Saved entries
----------------------------------------

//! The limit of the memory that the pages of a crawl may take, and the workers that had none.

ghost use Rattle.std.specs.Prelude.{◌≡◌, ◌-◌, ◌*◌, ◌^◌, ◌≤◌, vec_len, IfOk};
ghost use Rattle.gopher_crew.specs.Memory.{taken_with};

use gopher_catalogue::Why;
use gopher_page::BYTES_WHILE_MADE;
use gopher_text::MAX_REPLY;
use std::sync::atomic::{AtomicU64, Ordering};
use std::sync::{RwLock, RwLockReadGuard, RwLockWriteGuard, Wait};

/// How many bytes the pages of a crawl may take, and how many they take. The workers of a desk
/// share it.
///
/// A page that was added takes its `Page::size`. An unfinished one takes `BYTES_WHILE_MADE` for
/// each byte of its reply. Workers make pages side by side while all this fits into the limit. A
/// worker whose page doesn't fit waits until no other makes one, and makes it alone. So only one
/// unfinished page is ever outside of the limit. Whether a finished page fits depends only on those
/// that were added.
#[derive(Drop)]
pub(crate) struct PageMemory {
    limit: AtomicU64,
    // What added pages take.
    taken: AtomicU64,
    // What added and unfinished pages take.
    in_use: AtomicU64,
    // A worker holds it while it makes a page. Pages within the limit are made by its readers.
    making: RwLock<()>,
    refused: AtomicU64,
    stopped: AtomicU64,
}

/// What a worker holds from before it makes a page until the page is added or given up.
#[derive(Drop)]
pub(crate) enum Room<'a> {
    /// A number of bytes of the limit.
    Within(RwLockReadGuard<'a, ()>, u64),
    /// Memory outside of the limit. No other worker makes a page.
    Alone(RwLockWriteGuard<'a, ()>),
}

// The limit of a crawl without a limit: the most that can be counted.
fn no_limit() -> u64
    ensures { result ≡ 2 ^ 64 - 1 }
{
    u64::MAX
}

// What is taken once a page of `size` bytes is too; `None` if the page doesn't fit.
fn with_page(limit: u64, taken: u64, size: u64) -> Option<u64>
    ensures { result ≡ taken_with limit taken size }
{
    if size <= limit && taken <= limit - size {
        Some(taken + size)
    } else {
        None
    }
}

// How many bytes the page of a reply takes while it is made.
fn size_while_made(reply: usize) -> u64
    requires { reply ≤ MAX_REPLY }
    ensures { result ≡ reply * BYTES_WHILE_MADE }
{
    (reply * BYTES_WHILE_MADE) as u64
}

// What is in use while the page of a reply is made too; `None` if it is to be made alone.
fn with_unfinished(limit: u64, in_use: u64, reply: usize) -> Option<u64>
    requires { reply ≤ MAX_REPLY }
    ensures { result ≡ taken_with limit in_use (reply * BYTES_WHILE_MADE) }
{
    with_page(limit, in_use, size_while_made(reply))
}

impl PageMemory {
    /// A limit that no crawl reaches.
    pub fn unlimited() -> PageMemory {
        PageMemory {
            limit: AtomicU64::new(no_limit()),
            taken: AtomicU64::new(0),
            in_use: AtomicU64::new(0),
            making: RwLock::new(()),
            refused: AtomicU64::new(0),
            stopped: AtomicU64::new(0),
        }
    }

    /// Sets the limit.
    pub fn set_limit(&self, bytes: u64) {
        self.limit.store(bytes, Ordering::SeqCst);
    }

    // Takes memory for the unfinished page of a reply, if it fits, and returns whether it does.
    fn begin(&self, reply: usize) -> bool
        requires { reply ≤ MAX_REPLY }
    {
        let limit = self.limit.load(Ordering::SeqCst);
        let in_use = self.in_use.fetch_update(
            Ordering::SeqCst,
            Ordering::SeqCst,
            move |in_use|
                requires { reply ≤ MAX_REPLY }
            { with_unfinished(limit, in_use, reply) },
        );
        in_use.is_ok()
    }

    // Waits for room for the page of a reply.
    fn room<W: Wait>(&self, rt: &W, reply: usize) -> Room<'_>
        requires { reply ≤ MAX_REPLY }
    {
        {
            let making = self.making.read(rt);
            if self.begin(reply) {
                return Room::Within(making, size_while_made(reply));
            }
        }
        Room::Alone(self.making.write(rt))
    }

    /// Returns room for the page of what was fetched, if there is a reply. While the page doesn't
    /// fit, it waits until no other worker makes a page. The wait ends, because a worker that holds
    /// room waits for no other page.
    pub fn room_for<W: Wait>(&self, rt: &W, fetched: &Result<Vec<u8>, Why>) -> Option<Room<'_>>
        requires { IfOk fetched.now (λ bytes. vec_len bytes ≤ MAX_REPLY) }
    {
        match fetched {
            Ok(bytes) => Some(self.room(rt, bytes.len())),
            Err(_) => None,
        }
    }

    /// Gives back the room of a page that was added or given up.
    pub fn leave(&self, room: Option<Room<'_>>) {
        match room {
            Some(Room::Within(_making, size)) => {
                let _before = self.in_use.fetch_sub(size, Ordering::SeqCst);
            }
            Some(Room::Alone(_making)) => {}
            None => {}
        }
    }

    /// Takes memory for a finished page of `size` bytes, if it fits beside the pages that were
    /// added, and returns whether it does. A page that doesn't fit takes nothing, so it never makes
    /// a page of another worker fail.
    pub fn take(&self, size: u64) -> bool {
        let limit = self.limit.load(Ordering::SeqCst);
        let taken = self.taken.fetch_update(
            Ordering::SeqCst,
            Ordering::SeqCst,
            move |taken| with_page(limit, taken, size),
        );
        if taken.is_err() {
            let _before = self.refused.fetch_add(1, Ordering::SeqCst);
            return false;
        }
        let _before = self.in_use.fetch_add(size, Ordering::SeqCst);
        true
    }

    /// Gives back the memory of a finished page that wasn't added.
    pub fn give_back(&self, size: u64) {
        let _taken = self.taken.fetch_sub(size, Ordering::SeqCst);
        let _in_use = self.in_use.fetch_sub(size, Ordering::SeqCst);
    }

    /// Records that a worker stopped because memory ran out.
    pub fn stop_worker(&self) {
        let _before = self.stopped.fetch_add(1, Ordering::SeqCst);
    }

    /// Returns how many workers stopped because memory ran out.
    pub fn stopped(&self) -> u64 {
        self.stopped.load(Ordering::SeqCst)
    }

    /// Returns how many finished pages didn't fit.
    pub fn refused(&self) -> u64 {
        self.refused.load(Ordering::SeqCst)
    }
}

----------------------------------------

#### WHAT THE EXERCISE ASKS
Exactly as written, copy out all the entries above.

#### EXERCISE SOLUTION
//! The limit of the memory that the pages of a crawl may take, and the workers that had none.

ghost use Rattle.std.specs.Prelude.{◌≡◌, ◌-◌, ◌*◌, ◌^◌, ◌≤◌, vec_len, IfOk};
ghost use Rattle.gopher_crew.specs.Memory.{taken_with};

use gopher_catalogue::Why;
use gopher_page::BYTES_WHILE_MADE;
use gopher_text::MAX_REPLY;
use std::sync::atomic::{AtomicU64, Ordering};
use std::sync::{RwLock, RwLockReadGuard, RwLockWriteGuard, Wait};

/// How many bytes the pages of a crawl may take, and how many they take. The workers of a desk
/// share it.
///
/// A page that was added takes its `Page::size`. An unfinished one takes `BYTES_WHILE_MADE` for
/// each byte of its reply. Workers make pages side by side while all this fits into the limit. A
/// worker whose page doesn't fit waits until no other makes one, and makes it alone. So only one
/// unfinished page is ever outside of the limit. Whether a finished page fits depends only on those
/// that were added.
#[derive(Drop)]
pub(crate) struct PageMemory {
    limit: AtomicU64,
    // What added pages take.
    taken: AtomicU64,
    // What added and unfinished pages take.
    in_use: AtomicU64,
    // A worker holds it while it makes a page. Pages within the limit are made by its readers.
    making: RwLock<()>,
    refused: AtomicU64,
    stopped: AtomicU64,
}

/// What a worker holds from before it makes a page until the page is added or given up.
#[derive(Drop)]
pub(crate) enum Room<'a> {
    /// A number of bytes of the limit.
    Within(RwLockReadGuard<'a, ()>, u64),
    /// Memory outside of the limit. No other worker makes a page.
    Alone(RwLockWriteGuard<'a, ()>),
}

// The limit of a crawl without a limit: the most that can be counted.
fn no_limit() -> u64
    ensures { result ≡ 2 ^ 64 - 1 }
{
    u64::MAX
}

// What is taken once a page of `size` bytes is too; `None` if the page doesn't fit.
fn with_page(limit: u64, taken: u64, size: u64) -> Option<u64>
    ensures { result ≡ taken_with limit taken size }
{
    if size <= limit && taken <= limit - size {
        Some(taken + size)
    } else {
        None
    }
}

// How many bytes the page of a reply takes while it is made.
fn size_while_made(reply: usize) -> u64
    requires { reply ≤ MAX_REPLY }
    ensures { result ≡ reply * BYTES_WHILE_MADE }
{
    (reply * BYTES_WHILE_MADE) as u64
}

// What is in use while the page of a reply is made too; `None` if it is to be made alone.
fn with_unfinished(limit: u64, in_use: u64, reply: usize) -> Option<u64>
    requires { reply ≤ MAX_REPLY }
    ensures { result ≡ taken_with limit in_use (reply * BYTES_WHILE_MADE) }
{
    with_page(limit, in_use, size_while_made(reply))
}

impl PageMemory {
    /// A limit that no crawl reaches.
    pub fn unlimited() -> PageMemory {
        PageMemory {
            limit: AtomicU64::new(no_limit()),
            taken: AtomicU64::new(0),
            in_use: AtomicU64::new(0),
            making: RwLock::new(()),
            refused: AtomicU64::new(0),
            stopped: AtomicU64::new(0),
        }
    }

    /// Sets the limit.
    pub fn set_limit(&self, bytes: u64) {
        self.limit.store(bytes, Ordering::SeqCst);
    }

    // Takes memory for the unfinished page of a reply, if it fits, and returns whether it does.
    fn begin(&self, reply: usize) -> bool
        requires { reply ≤ MAX_REPLY }
    {
        let limit = self.limit.load(Ordering::SeqCst);
        let in_use = self.in_use.fetch_update(
            Ordering::SeqCst,
            Ordering::SeqCst,
            move |in_use|
                requires { reply ≤ MAX_REPLY }
            { with_unfinished(limit, in_use, reply) },
        );
        in_use.is_ok()
    }

    // Waits for room for the page of a reply.
    fn room<W: Wait>(&self, rt: &W, reply: usize) -> Room<'_>
        requires { reply ≤ MAX_REPLY }
    {
        {
            let making = self.making.read(rt);
            if self.begin(reply) {
                return Room::Within(making, size_while_made(reply));
            }
        }
        Room::Alone(self.making.write(rt))
    }

    /// Returns room for the page of what was fetched, if there is a reply. While the page doesn't
    /// fit, it waits until no other worker makes a page. The wait ends, because a worker that holds
    /// room waits for no other page.
    pub fn room_for<W: Wait>(&self, rt: &W, fetched: &Result<Vec<u8>, Why>) -> Option<Room<'_>>
        requires { IfOk fetched.now (λ bytes. vec_len bytes ≤ MAX_REPLY) }
    {
        match fetched {
            Ok(bytes) => Some(self.room(rt, bytes.len())),
            Err(_) => None,
        }
    }

    /// Gives back the room of a page that was added or given up.
    pub fn leave(&self, room: Option<Room<'_>>) {
        match room {
            Some(Room::Within(_making, size)) => {
                let _before = self.in_use.fetch_sub(size, Ordering::SeqCst);
            }
            Some(Room::Alone(_making)) => {}
            None => {}
        }
    }

    /// Takes memory for a finished page of `size` bytes, if it fits beside the pages that were
    /// added, and returns whether it does. A page that doesn't fit takes nothing, so it never makes
    /// a page of another worker fail.
    pub fn take(&self, size: u64) -> bool {
        let limit = self.limit.load(Ordering::SeqCst);
        let taken = self.taken.fetch_update(
            Ordering::SeqCst,
            Ordering::SeqCst,
            move |taken| with_page(limit, taken, size),
        );
        if taken.is_err() {
            let _before = self.refused.fetch_add(1, Ordering::SeqCst);
            return false;
        }
        let _before = self.in_use.fetch_add(size, Ordering::SeqCst);
        true
    }

    /// Gives back the memory of a finished page that wasn't added.
    pub fn give_back(&self, size: u64) {
        let _taken = self.taken.fetch_sub(size, Ordering::SeqCst);
        let _in_use = self.in_use.fetch_sub(size, Ordering::SeqCst);
    }

    /// Records that a worker stopped because memory ran out.
    pub fn stop_worker(&self) {
        let _before = self.stopped.fetch_add(1, Ordering::SeqCst);
    }

    /// Returns how many workers stopped because memory ran out.
    pub fn stopped(&self) -> u64 {
        self.stopped.load(Ordering::SeqCst)
    }

    /// Returns how many finished pages didn't fit.
    pub fn refused(&self) -> u64 {
        self.refused.load(Ordering::SeqCst)
    }
}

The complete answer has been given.